Cierto es que a lo largo de nuestro articulado existen casos de posibles limitaciones de los derechos fundamentales acordados por parte de la autoridad administrativa, si bien, se trata de supuestos excepcionales y limitados a casos de urgencia cuando las investigaciones se realizan para la averiguación de delitos relacionados con la actuación de bandas armadas o elementos terroristas y existan razones fundadas que hagan imprescindible la medida [arts. 579.4 y 588 ter d) LECrim].

Todo parece indicar que la excepción ha dejado de serlo y se ha convertido en norma general. Considero que se ha prescindido del criterio general que se seguía hasta ahora para legitimar intromisiones similares en el secreto de las comunicaciones y se ha elevado la autorización administrativa a una especie de autorización judicial al prescindirse de la exclusividad jurisdiccional como criterio rector habilitante de tales injerencias. Mi opinión sería distinta si la función del director del centro penitenciario se limitara únicamente a proponer dicha medida, pero no a decidir sobre ella, aun existiendo el posterior control judicial.

Es más, no llego a apreciar sustanciales diferencias entre las intervenciones que se pueden acordar a un recluso en un centro penitenciario y la que se pudieran acordar a una persona investigada no privada de libertad y es sospechosa de dedicarse a una actividad ilícita. Considero que por hallarnos en el ámbito penitenciario no tienen por qué desaparecer las garantías constitucionales y podría aplicarse el mismo modus operandi: remisión de un oficio policial, o en su caso, una comunicación por parte del director del centro penitenciario al juez competente para que acordara la medida si lo estima oportuno.  

En cuanto a las formas, según el tenor literal del precepto, basta una dación de cuenta al juez competente para la suspensión o intervención de las comunicaciones orales o escritas de los reclusos. Desaparece la exclusividad jurisdiccional y esta dación de cuenta se configura como un auténtico control judicial, pese a la aparente contradicción entre los términos. Puede decirse de acuerdo con el tenor literal del precepto que sería suficiente una mera comunicación con acuse de recibo para su adopción.

Además, conviene señalar que, cuando se da cuenta al juez, la intervención o suspensión puede haberse ya acordado, y, por tanto, la vulneración estar ya en marcha. De esta forma, podría llegar a existir una relajación o flexibilización en el control judicial.

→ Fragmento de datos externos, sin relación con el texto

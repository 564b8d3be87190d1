// Text as bytes: its lines and words, and text put behind what a buffer holds.
#![tactic(auto)]

mod cuts;
mod putting;
mod walking;

pub use cuts::{cut, end_of, line_end, plain_line, rest, word};
pub use putting::{field, number, put, refuse};
pub use walking::{EachLine, lines};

Igualmente, el precepto no habla de un plazo para la intervención o suspensión. Es evidente que no puede acordarse “sine die” y ha de ser proporcionada al fin que se persigue, pero ante tal indeterminación legal pueden darse situaciones en que la intervención se mantenga durante un plazo semestral con sucesivas prórrogas, cuando de acuerdo con el régimen general de intervención de comunicaciones estas podrán acordarse por un plazo de hasta tres meses, prorrogable por iguales o inferiores períodos hasta un máximo de dieciocho meses (579.2 LECRIM), por lo que resulta razonable pensar que el plazo puede llegar a ser excesivo y desproporcionado.  De lo contrario, se permite la intromisión en el derecho de un preso bajo el argumento de supuestos riesgos.

En definitiva, a mi modo de ver se trata de un precepto incompleto que ha precisado de la jurisprudencia constitucional para suplir su falta de contenido al no existir un adecuado desarrollo legal sobre la cuestión. El régimen aplicable a la intervención y suspensión de las comunicaciones de los reclusos está formado por el artículo 51.5 LOGP y por la doctrina expresada por el Tribunal Constitucional en sus sentencias. Además, como he señalado anteriormente, considero que se trata de un precepto de discutible constitucionalidad en el que nuestro Tribunal Constitucional ha dejado pasar una magnífica ocasión para revisar su jurisprudencia constitucional que ha llegado a interpretar una norma haciendo decir lo que realmente no dice.

Javier Lapeña Azurmendi

Juez


[1] Artículo 51.5 LOGP “Las comunicaciones orales y escritas previstas en este artículo podrán ser suspendidas o intervenidas motivadamente por el director del establecimiento, dando cuenta a la autoridad judicial competente”

[2] Artículo 18.3 CE: “Se garantiza el secreto de las comunicaciones y, en especial, de las postales, telegráficas y telefónicas, salvo resolución judicial”

Huelga

Huelga

En los últimos tiempos empieza a escucharse la posibilidad de que Jueces y Magistrados convoquemos una huelga.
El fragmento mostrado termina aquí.